Work to be completed: Gather all lines in the entries that include the word "String".

Data records:

▬▬▬▬▬▬

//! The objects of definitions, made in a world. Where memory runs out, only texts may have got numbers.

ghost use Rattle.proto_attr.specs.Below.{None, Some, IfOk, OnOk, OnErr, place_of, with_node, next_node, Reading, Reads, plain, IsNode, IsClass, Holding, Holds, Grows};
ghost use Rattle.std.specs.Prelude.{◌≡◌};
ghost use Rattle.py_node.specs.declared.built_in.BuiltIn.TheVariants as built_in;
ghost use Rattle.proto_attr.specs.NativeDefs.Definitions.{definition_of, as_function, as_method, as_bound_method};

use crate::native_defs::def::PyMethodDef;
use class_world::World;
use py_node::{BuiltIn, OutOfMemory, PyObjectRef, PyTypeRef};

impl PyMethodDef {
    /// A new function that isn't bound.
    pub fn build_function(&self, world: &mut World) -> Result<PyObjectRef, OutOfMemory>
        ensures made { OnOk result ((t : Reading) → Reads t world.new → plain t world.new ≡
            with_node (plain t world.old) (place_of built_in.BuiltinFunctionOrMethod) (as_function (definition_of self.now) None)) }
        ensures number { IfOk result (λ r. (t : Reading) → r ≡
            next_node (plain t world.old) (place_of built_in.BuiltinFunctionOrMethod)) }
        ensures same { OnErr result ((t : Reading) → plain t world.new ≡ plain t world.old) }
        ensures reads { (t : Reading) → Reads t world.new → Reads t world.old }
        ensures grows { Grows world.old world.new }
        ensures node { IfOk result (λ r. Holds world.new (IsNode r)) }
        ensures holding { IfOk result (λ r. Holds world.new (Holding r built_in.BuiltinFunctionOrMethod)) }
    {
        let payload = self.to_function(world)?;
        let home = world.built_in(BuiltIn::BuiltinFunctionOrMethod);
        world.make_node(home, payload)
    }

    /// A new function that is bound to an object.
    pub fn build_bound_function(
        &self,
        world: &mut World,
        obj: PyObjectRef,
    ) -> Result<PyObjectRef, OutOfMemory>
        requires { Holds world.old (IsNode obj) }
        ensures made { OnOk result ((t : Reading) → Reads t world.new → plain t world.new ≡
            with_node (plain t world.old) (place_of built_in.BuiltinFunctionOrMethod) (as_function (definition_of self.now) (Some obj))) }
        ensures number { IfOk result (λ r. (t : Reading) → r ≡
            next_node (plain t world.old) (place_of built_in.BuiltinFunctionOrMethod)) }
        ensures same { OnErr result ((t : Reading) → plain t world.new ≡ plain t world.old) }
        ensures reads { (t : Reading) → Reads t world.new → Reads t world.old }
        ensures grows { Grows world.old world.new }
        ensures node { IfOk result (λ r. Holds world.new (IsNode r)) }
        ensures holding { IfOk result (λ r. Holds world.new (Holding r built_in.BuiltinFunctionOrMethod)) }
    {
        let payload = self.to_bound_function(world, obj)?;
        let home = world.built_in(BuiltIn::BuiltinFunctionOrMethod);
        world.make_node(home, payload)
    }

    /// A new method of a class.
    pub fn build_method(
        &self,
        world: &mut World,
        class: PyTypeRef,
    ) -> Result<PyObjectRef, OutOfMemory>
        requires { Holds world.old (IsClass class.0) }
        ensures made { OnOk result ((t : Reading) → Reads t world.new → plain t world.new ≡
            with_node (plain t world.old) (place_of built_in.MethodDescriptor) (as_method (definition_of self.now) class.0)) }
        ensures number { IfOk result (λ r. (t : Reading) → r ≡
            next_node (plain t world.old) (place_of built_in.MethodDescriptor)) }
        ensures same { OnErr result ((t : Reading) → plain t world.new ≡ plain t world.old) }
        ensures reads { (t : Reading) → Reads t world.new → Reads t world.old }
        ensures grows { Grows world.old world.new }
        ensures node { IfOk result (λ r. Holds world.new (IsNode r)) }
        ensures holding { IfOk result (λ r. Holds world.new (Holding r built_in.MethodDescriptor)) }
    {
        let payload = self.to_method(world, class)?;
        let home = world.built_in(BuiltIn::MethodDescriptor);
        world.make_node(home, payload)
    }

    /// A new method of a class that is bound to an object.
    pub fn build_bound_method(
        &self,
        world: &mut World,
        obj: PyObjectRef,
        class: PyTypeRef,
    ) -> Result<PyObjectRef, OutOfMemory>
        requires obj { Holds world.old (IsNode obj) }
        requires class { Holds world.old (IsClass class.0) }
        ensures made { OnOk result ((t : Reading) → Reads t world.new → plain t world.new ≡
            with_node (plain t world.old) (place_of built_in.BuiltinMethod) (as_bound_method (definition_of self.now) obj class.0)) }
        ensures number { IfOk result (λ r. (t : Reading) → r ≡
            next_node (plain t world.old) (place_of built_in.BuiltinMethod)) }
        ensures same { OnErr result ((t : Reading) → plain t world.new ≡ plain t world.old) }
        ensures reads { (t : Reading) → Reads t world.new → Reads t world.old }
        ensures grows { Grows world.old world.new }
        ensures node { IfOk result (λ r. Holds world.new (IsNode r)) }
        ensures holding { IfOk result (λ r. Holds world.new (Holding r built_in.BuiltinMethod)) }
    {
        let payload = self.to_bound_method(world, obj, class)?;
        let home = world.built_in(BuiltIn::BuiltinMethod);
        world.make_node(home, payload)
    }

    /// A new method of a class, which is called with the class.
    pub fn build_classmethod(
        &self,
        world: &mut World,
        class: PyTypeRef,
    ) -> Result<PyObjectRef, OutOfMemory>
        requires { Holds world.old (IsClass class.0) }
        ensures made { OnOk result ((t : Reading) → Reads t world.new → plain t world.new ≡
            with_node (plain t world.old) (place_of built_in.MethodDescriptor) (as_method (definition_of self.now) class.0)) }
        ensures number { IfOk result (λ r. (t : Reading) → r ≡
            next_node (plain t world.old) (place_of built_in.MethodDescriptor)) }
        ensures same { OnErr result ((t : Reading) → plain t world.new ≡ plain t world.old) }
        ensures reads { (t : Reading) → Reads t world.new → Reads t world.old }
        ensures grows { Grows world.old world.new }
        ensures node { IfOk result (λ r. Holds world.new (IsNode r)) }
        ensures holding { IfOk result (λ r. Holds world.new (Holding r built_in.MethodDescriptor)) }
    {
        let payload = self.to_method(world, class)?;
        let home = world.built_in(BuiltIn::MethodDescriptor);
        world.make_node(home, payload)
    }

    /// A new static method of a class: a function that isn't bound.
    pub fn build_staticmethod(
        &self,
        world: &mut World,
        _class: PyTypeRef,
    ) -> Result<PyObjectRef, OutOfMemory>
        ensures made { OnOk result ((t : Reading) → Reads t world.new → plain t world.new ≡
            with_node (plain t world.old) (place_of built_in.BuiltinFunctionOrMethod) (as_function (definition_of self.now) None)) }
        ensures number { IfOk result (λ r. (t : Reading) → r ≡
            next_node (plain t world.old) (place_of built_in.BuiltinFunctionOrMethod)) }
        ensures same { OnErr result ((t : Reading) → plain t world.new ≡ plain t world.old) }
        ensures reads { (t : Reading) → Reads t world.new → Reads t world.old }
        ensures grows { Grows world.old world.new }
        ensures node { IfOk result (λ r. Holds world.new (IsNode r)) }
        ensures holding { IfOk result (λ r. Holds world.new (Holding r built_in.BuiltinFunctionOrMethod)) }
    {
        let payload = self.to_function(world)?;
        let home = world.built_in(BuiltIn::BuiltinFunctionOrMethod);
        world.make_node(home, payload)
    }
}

▬▬▬▬▬▬

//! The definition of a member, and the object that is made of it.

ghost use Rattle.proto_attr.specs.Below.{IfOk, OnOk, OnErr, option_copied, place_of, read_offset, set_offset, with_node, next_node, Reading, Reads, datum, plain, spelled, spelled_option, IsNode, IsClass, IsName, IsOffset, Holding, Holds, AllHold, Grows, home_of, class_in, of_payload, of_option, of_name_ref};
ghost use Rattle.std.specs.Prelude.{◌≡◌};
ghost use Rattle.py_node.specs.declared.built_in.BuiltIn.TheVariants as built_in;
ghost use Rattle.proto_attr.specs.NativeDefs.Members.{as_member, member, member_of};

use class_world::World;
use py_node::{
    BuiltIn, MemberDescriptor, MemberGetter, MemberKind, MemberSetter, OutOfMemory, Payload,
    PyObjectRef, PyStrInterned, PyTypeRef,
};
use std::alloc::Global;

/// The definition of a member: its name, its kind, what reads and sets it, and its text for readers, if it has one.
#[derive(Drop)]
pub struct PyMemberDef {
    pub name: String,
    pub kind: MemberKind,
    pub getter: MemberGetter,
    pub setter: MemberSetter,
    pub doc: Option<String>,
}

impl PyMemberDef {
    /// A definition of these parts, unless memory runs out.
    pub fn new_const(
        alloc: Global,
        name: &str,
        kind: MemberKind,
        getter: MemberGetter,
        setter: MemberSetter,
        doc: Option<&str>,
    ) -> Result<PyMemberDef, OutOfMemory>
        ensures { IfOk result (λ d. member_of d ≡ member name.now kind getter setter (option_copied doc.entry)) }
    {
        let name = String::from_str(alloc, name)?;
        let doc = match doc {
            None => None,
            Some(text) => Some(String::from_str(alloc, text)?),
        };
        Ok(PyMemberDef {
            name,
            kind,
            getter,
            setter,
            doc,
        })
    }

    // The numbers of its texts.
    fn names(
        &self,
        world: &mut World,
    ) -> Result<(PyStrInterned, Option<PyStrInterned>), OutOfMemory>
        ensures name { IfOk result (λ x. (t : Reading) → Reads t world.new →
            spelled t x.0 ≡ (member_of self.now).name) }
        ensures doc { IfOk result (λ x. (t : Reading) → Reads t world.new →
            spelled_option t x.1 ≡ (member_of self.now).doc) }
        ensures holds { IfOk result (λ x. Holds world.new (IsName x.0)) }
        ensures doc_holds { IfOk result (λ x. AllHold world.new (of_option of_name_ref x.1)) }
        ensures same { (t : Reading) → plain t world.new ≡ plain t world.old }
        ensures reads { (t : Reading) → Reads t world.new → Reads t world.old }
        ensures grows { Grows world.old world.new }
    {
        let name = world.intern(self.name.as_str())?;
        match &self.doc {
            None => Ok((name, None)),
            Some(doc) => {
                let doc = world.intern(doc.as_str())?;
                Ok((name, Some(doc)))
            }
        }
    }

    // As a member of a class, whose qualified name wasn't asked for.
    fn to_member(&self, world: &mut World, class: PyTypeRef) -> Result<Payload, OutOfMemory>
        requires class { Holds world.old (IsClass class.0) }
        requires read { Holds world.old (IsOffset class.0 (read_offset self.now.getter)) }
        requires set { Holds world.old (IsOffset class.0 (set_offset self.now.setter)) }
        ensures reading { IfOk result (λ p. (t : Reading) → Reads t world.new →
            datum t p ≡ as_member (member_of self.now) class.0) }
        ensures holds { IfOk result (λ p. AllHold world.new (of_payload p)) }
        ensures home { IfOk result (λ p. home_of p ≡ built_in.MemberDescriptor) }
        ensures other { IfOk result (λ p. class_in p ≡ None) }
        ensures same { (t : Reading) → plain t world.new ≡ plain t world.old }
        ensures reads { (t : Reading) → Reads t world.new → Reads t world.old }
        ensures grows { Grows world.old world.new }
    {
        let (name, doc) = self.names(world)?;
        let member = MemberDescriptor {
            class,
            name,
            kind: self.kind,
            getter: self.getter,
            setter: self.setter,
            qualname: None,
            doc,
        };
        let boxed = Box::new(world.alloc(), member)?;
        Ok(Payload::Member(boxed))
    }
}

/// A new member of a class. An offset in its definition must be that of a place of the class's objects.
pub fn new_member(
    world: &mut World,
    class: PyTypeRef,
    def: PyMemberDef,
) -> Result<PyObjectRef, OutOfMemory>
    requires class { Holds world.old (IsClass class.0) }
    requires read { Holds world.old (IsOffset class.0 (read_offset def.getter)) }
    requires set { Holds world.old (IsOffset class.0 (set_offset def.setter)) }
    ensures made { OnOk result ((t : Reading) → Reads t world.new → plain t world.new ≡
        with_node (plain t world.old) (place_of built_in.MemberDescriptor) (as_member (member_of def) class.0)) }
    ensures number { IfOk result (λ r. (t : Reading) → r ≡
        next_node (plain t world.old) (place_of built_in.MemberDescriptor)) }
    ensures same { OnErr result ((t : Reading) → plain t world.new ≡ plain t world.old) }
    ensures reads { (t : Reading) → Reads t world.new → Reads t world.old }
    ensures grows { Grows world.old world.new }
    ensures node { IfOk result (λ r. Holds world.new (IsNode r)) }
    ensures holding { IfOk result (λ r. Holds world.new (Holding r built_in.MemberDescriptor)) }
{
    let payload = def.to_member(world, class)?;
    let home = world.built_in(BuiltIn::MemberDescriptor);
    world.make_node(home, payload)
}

▬▬▬▬▬▬

Answer to this task:
    pub name: String,
    pub doc: Option<String>,
        let name = String::from_str(alloc, name)?;
            Some(text) => Some(String::from_str(alloc, text)?),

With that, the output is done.